- THE TASK
Go through the entries and say how many lines contain the string "those". The number is the whole answer.

Source records
****************
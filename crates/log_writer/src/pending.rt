//! What waits to be appended to a file: the frames of a journal's last commands, in one buffer, and where the last of
//! them begins.
ghost use Rattle.std.specs.Prelude.{◌≤◌, length};
ghost use Rattle.std.proofs.Props.{props};
ghost use Rattle.log_writer.specs.Pending.{IsLastWithin};

/// The most bytes that wait for a file. Where a frame would pass it, those before it are appended first.
pub(crate) const PENDING_ROOM: usize = 131_074;

/// Bytes that wait, in a buffer whose room was reserved at opening. Behind the first `whole` ones, which wait, a frame
/// may stand that isn't taken yet.
#[derive(Drop)]
pub(crate) struct Pending<C> {
    pub(crate) bytes: Vec<u8>,
    pub(crate) whole: usize,
    pub(crate) last: Option<LastFrame<C>>,
    ghost within: { whole ≤ length bytes.items },
    ghost last_within: { IsLastWithin whole last } by { Prim.hlevel props },
}

/// The last frame that waits: its first byte among those that wait, and its command.
#[derive(Drop)]
pub(crate) struct LastFrame<C> {
    pub(crate) place: usize,
    pub(crate) command: C,
}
****************
- OUTPUT OF THE EXERCISE
2